Also, there is the somewhat recent GW move, albeit a rather quiet one, to make Warhammer 40,000 more "Warhammer junior," if you will, and Warhammer Fantasy the more "adult" game. Every time I talk to a distributor, they mention how GW wants to market 40k to a younger audience, and they're adjusting the rules accordingly. Go to a convention, and watch the red shirts. See what they show different people. It's sad, really, that GW would walk that route. I don't want to see the game I've loved for 8 years head the way of Pokemon. 

Has anyone else noticed any of this?

I don't mean for this to have been...I'm not sure what the right word is.

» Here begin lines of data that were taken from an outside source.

//! What a connection and the operator need from their socket and their run. Each is a trait, so that a test can make it
//! fail.
ghost use Rattle.std.specs.Io.KnownBytes.{Keeps};

use std::io::Read;

/// A reader that waits for bytes, but no longer than it is told, and only until somebody rings for it. If none came, it
/// answers `WouldBlock` or `TimedOut`.
pub trait TimedRead: Read {
    ghost use Rattle.std.specs.Prelude.{ℕ, ⊤};

    /// Its reads wait for this many milliseconds at most.
    ghost may_wait: { Self → ℕ → Type 0 } = { λ _ _. ⊤ };

    /// Sets that reads from now on wait for this many milliseconds at most. What they give stays the same.
    fn set_timeout(&mut self, most_ms: u64)
        ensures kept { Keeps (Self.remaining self.old) (Self.remaining self.new) }
        ensures waits { may_wait self.new most_ms };
}

/// What a connection knows about the run that it is part of.
pub trait Watch {
    ghost use Rattle.std.specs.Prelude.{◌≡◌, ℕ, true, ⊤};

    /// The run may be asked to end.
    ghost may_close: { Self → Type 0 } = { λ _. ⊤ };

    /// The moments that it may show.
    ghost may_show: { Self → ℕ → Type 0 } = { λ _ _. ⊤ };

    /// Returns the moment, in milliseconds since the run began.
    fn now_ms(&self) -> u64
        ensures { may_show self.now result };

    /// Tests whether the run should end, so that each session should be closed.
    fn is_closing(&self) -> bool
        ensures { result ≡ true → may_close self.now };

    /// Wakes the connection of a peer, if there is one, so that it looks for messages to send.
    fn ring(&self, peer: u32);
}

Hostile, for lack of a better... or violating any of the forums' rules. If it does, please feel free to delete it.


----------



## cccp (Dec 15, 2006)

http://www.heresy-online.net/viewtopic.php?t=1958&highlight=dumbing
someone already started a thread like this. 

but yeah, imo GW is dumbing down.


----------



## anathema (Jan 24, 2007)

> But rather than focus on the options that they had previously presented, they've made a hybrid army list which supposedly leaves all the previous army lists valid, only they kind of make you completely reorganize everything so that it's not truly the same army anymore?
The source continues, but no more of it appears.